Today in Lebanon, for example, the militant Shiite movement Hizbullah is set to begin holding national demonstrations in opposition to what it sees as unacceptable Western influence in Lebanese affairs. "Freedom means that we decide for ourselves the best way to address what we see today as clear intervention of the United States and France in Lebanese internal affairs," said Hizbullah leader Hassan Nasrallah at a Beirut press conference Sunday.

The US and France have been outspoken in their coordinated demands that Syria withdraw its troops and intelligence forces from Lebanon ahead of spring elections. Syria is a behind-the-scenes sponsor of Hizbullah in Lebanon.

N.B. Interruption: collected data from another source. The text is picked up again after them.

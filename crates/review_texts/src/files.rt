//! Files whose texts are masked.
ghost use Rattle.std.specs.Prelude.{◌≡◌, IfErr, IfOk};
ghost use Rattle.review_texts.specs.MaskedTexts.{IsMaskedFile, masked_holdings};

use crate::Readable;
use crate::texts::mask_text;
use run_base::{Files, FilesFault};
use std::alloc::Global;
use sudo_text::Seq;

/// Files of a policy, each with its masked text.
#[derive(Drop)]
pub struct Masked<F> {
    files: F,
    readable: Readable,
}

impl<F: Files> Masked<F> {
    /// Wraps files, so that each gives its masked text.
    pub fn new(files: F, readable: Readable) -> Masked<F>
        ensures { (result.files ≡ files) × (result.readable ≡ readable) }
    {
        Masked { files, readable }
    }
}

// Returns the masked text of a file that may be missing.
fn mask_file(
    alloc: Global,
    readable: &Readable,
    text: Option<Seq<u8>>,
) -> Result<Option<Seq<u8>>, FilesFault>
    ensures masked { IfOk result (λ masked. IsMaskedFile readable.now text masked) }
    ensures memory { IfErr result (λ fault. fault ≡ FilesFault.Memory) }
{
    match text {
        Some(text) => Ok(Some(mask_text(alloc, readable, text)?)),
        None => Ok(None),
    }
}

impl<F: Files> Files for Masked<F> {
    ghost held = { λ s. masked_holdings s.readable (F.held s.files) };

    fn file(&mut self, alloc: Global, path: &[u8]) -> Result<Option<Seq<u8>>, FilesFault> {
        let text = self.files.file(alloc, path)?;
        mask_file(alloc, &self.readable, text)
    }

    fn main_file(&mut self, alloc: Global, path: &[u8]) -> Result<Option<Seq<u8>>, FilesFault> {
        let text = self.files.main_file(alloc, path)?;
        mask_file(alloc, &self.readable, text)
    }

    fn folder(&mut self, alloc: Global, path: &[u8]) -> Result<Seq<Seq<u8>>, FilesFault> {
        self.files.folder(alloc, path)
    }
}
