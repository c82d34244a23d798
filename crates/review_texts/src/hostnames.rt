//! The name of a host, and where `%h` stands for it.
ghost use Rattle.std.specs.Prelude.{◌≡◌, ◌≤◌, ◌+◌, length, IfOk, IsTrue, Some, false};
ghost use Rattle.sudo_match.specs.Matching.{short_name as the_short_name};
ghost use Rattle.review_texts.specs.Hostnames as spec;
ghost use Rattle.review_texts.specs.Places.{IsRefusedFor};

use crate::bytes::{has_byte, peek};
use crate::places::line_with;
use crate::reading::refused_form;
use std::alloc::{AllocError, Global};
use sudo_grammar::Unsupported;
use sudo_text::{Line, TEXT_LIMIT};

// Whether a byte is a letter, a digit, a hyphen or an underscore.
fn is_label_byte(byte: u8) -> bool
    ensures { result ≡ spec.is_label_byte byte }
{
    (b'a' <= byte && byte <= b'z')
        || (b'A' <= byte && byte <= b'Z')
        || (b'0' <= byte && byte <= b'9')
        || byte == b'-'
        || byte == b'_'
}

// Whether bytes are those of labels with one dot between two.
fn are_labels(name: &[u8]) -> bool
    ensures { result ≡ spec.are_labels false name.now }
{
    let mut dotted = false;
    let mut left = name;
    while let Some((byte, rest)) = left.split_first() {
        if *byte == b'.' {
            if !dotted {
                return false;
            }
            dotted = false;
        } else {
            if !is_label_byte(*byte) {
                return false;
            }
            dotted = true;
        }
        left = rest;
    }
    true
}

/// Whether a name is that of a host: at most 255 bytes, letters, digits, hyphens and underscores, with one dot between two of their
/// parts.
pub fn is_hostname(name: &[u8]) -> bool
    ensures { result ≡ spec.is_hostname name.now }
{
    !name.is_empty() && name.len() <= 255 && are_labels(name)
}

/// Returns the part of a host's name before its first dot.
pub fn short_name(name: &[u8]) -> &[u8]
    ensures { result.now ≡ the_short_name name.now }
{
    for (end, byte) in name.iter().enumerate() {
        if *byte == b'.' {
            return &name[..end];
        }
    }
    name
}

// Whether `%h` is spelled at an offset.
#[tactic(auto, unfolding(crate::specs::Hostnames::spells_escape))]
fn spells_escape(text: &[u8], at: usize) -> bool
    requires { at ≤ length text.now }
    ensures { result ≡ spec.spells_escape text.now at }
{
    peek(text, at) == b'%' && peek(text, at + 1) == b'h'
}

// Returns `%h`, and the double quote that ends a path which one begins before an offset.
fn closed_escape(text: &[u8], at: usize) -> &'static [u8]
    requires { at ≤ length text.now }
    ensures closed { result.now ≡ spec.closed_escape text.now at }
    ensures short { length result.now ≤ 3 }
{
    if has_byte(&text[..at], b'"') {
        b"%h\""
    } else {
        b"%h"
    }
}

// Whether a form is `%h`.
fn is_escape(form: Option<Unsupported>) -> bool
    ensures yes { IsTrue result → form ≡ Some Unsupported.HostEscape }
    ensures only { form ≡ Some Unsupported.HostEscape → IsTrue result }
{
    match form {
        Some(Unsupported::HostEscape) => true,
        _ => false,
    }
}

// Whether a line by itself is refused for `%h`. Returns `AllocError` if allocation fails.
fn is_refused(alloc: Global, line: &Line) -> Result<bool, AllocError>
    requires { length line.now.text ≤ TEXT_LIMIT }
    ensures yes { IfOk result (λ is. IsTrue is → IsRefusedFor line.now Unsupported.HostEscape) }
    ensures only { IfOk result (λ is. IsRefusedFor line.now Unsupported.HostEscape → IsTrue is) }
{
    let found = refused_form(alloc, line)?;
    Ok(is_escape(found))
}

/// Whether `%h` stands at an offset in the path of an include line. Returns `AllocError` if allocation fails.
pub(crate) fn escape_stands(alloc: Global, line: &Line, at: usize) -> Result<bool, AllocError>
    requires within { at ≤ length line.now.text }
    requires short { length line.now.text + 16 ≤ TEXT_LIMIT }
    ensures yes { IfOk result (λ found. IsTrue found → spec.StandsEscape line.now at) }
    ensures only { IfOk result (λ found. spec.StandsEscape line.now at → IsTrue found) }
{
    if !spells_escape(line.text.as_slice(), at) {
        return Ok(false);
    }
    let front = line_with(alloc, line, at, closed_escape(line.text.as_slice(), at))?;
    is_refused(alloc, &front)
}
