//! Where an IPv6 address stands in a list of hosts.
ghost use Rattle.std.specs.Prelude.{◌≡◌, ℕ, ◌≤◌, ◌+◌, List, Decides, IfOk, MatchOption, length, true};
ghost use Rattle.review_texts.specs.Addressed as spec;
ghost use Rattle.review_texts.specs.Ipv6.{spells_ipv6};
ghost use Rattle.review_texts.specs.Places.{TakesHost, TakesUser};

use crate::HostAddress;
use crate::bytes::newline_count;
use crate::ipv6::{host_list, member_at, spells_ipv6};
use crate::listed::{takes_host, takes_user};
use crate::netgroups::sign_at;
use std::alloc::{AllocError, Global};
use sudo_text::{Line, Seq, TEXT_LIMIT};

// Whether the bytes of an address are spelled at an offset, and a list of hosts goes on there.
fn takes_member(alloc: Global, line: &Line, at: usize) -> Result<bool, AllocError>
    requires within { at ≤ length line.now.text }
    requires short { length line.now.text + 16 ≤ TEXT_LIMIT }
    ensures { IfOk result (λ takes. Decides takes ((spells_ipv6 line.now.text at ≡ true)
        × TakesHost line.now at × (TakesUser line.now at → ⊥))) }
{
    if !spells_ipv6(line.text.as_slice(), at) {
        return Ok(false);
    }
    if takes_user(alloc, line, at)? {
        return Ok(false);
    }
    takes_host(alloc, line, at)
}

// Returns the list for the address or the network at an offset.
fn list_at(
    alloc: Global,
    known: &[HostAddress],
    text: &[u8],
    at: usize,
) -> Result<Option<Seq<u8>>, AllocError>
    requires { at ≤ length text.now }
    ensures { IfOk result (λ list. list ≡ spec.list_at known.now text.now at) }
{
    match member_at(alloc, text, at)? {
        Some(member) => Ok(Some(host_list(alloc, known, sign_at(&text[..at]), member)?)),
        None => Ok(None),
    }
}

/// Returns the list of the hosts that have the address or the network at an offset, if one stands there. Returns `AllocError` if
/// allocation fails.
pub(crate) fn member_hosts(
    alloc: Global,
    known: &[HostAddress],
    line: &Line,
    at: usize,
) -> Result<Option<Seq<u8>>, AllocError>
    requires within { at ≤ length line.now.text }
    requires short { length line.now.text + 16 ≤ TEXT_LIMIT }
    ensures { IfOk result (λ found. MatchOption found
        ((put : List ℕ) → spec.StandsMember known.now line.now at put → ⊥)
        (λ put. spec.StandsMember known.now line.now at put)) }
{
    if !takes_member(alloc, line, at)? {
        return Ok(None);
    }
    let Some(put) = list_at(alloc, known, line.text.as_slice(), at)? else {
        return Ok(None);
    };
    if newline_count(put.as_slice()) > 0 {
        return Ok(None);
    }
    Ok(Some(put))
}
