//! Bytes of lines.
ghost use Rattle.std.specs.Prelude.{◌≡◌, ◌==◌, ◌≤◌, ◌+◌, max, length, slice_index, drop, take};
ghost use Rattle.std.specs.List.{list_any, take_while};
ghost use Rattle.std.specs.Str.{bytes_eq};
ghost use Rattle.sudo_text.specs.Bytes as spec;
ghost use Rattle.sudo_text.specs.Pieces as pieces;
ghost use Rattle.sudo_text.specs.Rules as rules;
ghost use Rattle.review_texts.specs.Words.{newline_count as the_count};

/// Whether a byte is a space or a tab.
pub(crate) fn is_blank(byte: u8) -> bool
    ensures { result ≡ spec.is_blank byte }
{
    byte == b' ' || byte == b'\t'
}

/// Whether a byte is below 32 and not a tab, or is 127.
pub(crate) fn is_control(byte: u8) -> bool
    ensures { result ≡ spec.is_control byte }
{
    (byte < 32 && byte != b'\t') || byte == 127
}

/// Whether a byte is a decimal digit.
pub(crate) fn is_digit(byte: u8) -> bool
    ensures { result ≡ spec.is_digit byte }
{
    b'0' <= byte && byte <= b'9'
}

/// Whether a byte is a hexadecimal digit.
pub(crate) fn is_hex(byte: u8) -> bool
    ensures { result ≡ spec.is_hex byte }
{
    is_digit(byte) || (b'a' <= byte && byte <= b'f') || (b'A' <= byte && byte <= b'F')
}

/// Whether a byte is one of `! = , : ( )`.
pub(crate) fn is_mark_byte(byte: u8) -> bool
    ensures { result ≡ pieces.is_mark_byte byte }
{
    byte == b'!' || byte == b'=' || byte == b',' || byte == b':' || byte == b'(' || byte == b')'
}

/// Whether two texts are equal.
pub(crate) fn is_text(bytes: &[u8], text: &[u8]) -> bool
    ensures { result ≡ bytes_eq bytes.now text.now }
{
    bytes == text
}

/// Returns the byte at an offset, or 0 past the end.
pub(crate) fn peek(text: &[u8], at: usize) -> u8
    ensures { result ≡ slice_index text.now at }
{
    if at < text.len() { text[at] } else { 0 }
}

/// Returns the text from an offset on, which is empty past the end.
pub(crate) fn from(text: &[u8], at: usize) -> &[u8]
    ensures { result.now ≡ drop at text.now }
{
    if at < text.len() { &text[at..] } else { &[] }
}

/// Returns so many bytes that begin a text, or all of fewer.
#[tactic(auto, using(crate::proofs::Fronts::take_shorter))]
pub(crate) fn front(text: &[u8], len: usize) -> &[u8]
    ensures { result.now ≡ take len text.now }
{
    if len < text.len() { &text[..len] } else { text }
}

/// Returns the number of blanks that begin a text.
fn blank_count(text: &[u8]) -> usize
    ensures count { result ≡ length (take_while spec.is_blank text.now) }
    ensures within { result ≤ length text.now }
{
    text.iter().take_while(|b| is_blank(**b)).count()
}

/// Returns the first offset from `at` on that is not a blank.
pub(crate) fn skip(text: &[u8], at: usize) -> usize
    requires { at ≤ length text.now + 1 }
    ensures skip { result ≡ pieces.skip text.now at }
    ensures within { result ≤ max at (length text.now) }
{
    at + blank_count(from(text, at))
}

/// Whether a text begins as a Defaults line does.
#[tactic(auto, unfolding(sudo_text::specs::Rules::begins_defaults))]
pub(crate) fn begins_defaults(text: &[u8]) -> bool
    ensures { result ≡ rules.begins_defaults text.now }
{
    let next = peek(text, 8);
    text.starts_with(b"Defaults")
        && (text.len() == 8
            || is_blank(next)
            || next == b'@'
            || next == b':'
            || next == b'!'
            || next == b'>')
}

/// Returns the number of newlines of a text.
pub(crate) fn newline_count(text: &[u8]) -> usize
    ensures { result ≡ the_count text.now }
{
    text.iter().filter(|byte| **byte == b'\n').count()
}

/// Whether a byte stands in a text.
pub(crate) fn has_byte(text: &[u8], byte: u8) -> bool
    ensures { result ≡ list_any (λ b. b == byte) text.now }
{
    text.iter().any(|b| *b == byte)
}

"We're seeing the national unity movement with new vigor and pressing to get Syria out of the country, but at the same time we see a counter movement in the counterdemonstrations Hizbullah is sponsoring," notes Mr. Hudson. "It raises the question of whether the future holds the kind of civil strife that has hit Lebanon before."

The way greater political freedoms can open the door to greater confrontation is also on display in Iraq, some experts say. The political parties there have still been unable to deliver a new government to set about the task of writing a new constitution by next fall.

Still, no one is arguing that this is not progress - when compared to a regime that would sooner imprison or kill political opponents than listen to them.

"An Iraq without Saddam, all to the good," says Richard Murphy, a former assistant secretary of State for Near Eastern affairs, now at the Council on Foreign Relations in New York. "But there are some really major problems ahead for an untested political leadership. They're going to have to show remarkable outreach to all parts of the population if it is going to work, and I don't think we can say yet where it will end up."

The majority Shiites have been emboldened to make legitimate demands in terms of a new government, he notes, while young Kurds in particular are tempted by the idea of an independent Kurdistan - a move that would set off regional earthquakes. "So while it is undeniable that we [the US] stirred the pot, how much that stirring will end up working in our favor is still an open question," Mr. Murphy says.

For example, change in a closed system such as Saudi Arabia should be good for the US - unless it means such upheaval that extremist forces gain a greater hold, he says. The same goes for Iraq, unless it leads to the country coming apart.

AS for whether a more democratic and open Middle East will make for a safer US, unanswered questions remain there as well. With democracy having advanced around the world over the past decade, the idea has also gained ground that more exposure to democratic ideals and open societies leads to converts. But that does not explain why someone like Ayman al-Zawahiri, Osama bin Laden's right hand man, became even more anti-Western and extremist in his ideology after attending college in the US.

The current fermentation in the Middle East also demonstrates how even a wide-ranging phenomenon like globalization can act as a double-edged sword. When pro-democracy demonstrators in Beirut wear Eastern European-style scarves as part of their protest, in an echo of the protesters in the Ukraine standing up to a fraudulent government, it's a sign of the global impact of electronic media.

But at the same time, globalization can act as a recruiting tool for extremist movements, especially among those sectors of the population that feel shut out from any of globalization's economic benefits.

Still, most experts say more political openness should make ideologies like Al Qaeda's less of a magnet. It's just getting to those more democratic societies that may be rough. "I share the idea that a population that is overwhelmingly youthful and denied meaningful political participation in their countries is more attracted to the Islamic extremist view of society," says Murphy. "And it should follow that if the social and political picture evolves to allow greater participation, the attraction of a violent extremism will diminish. But it could be a rocky transition, a very bumpy ride."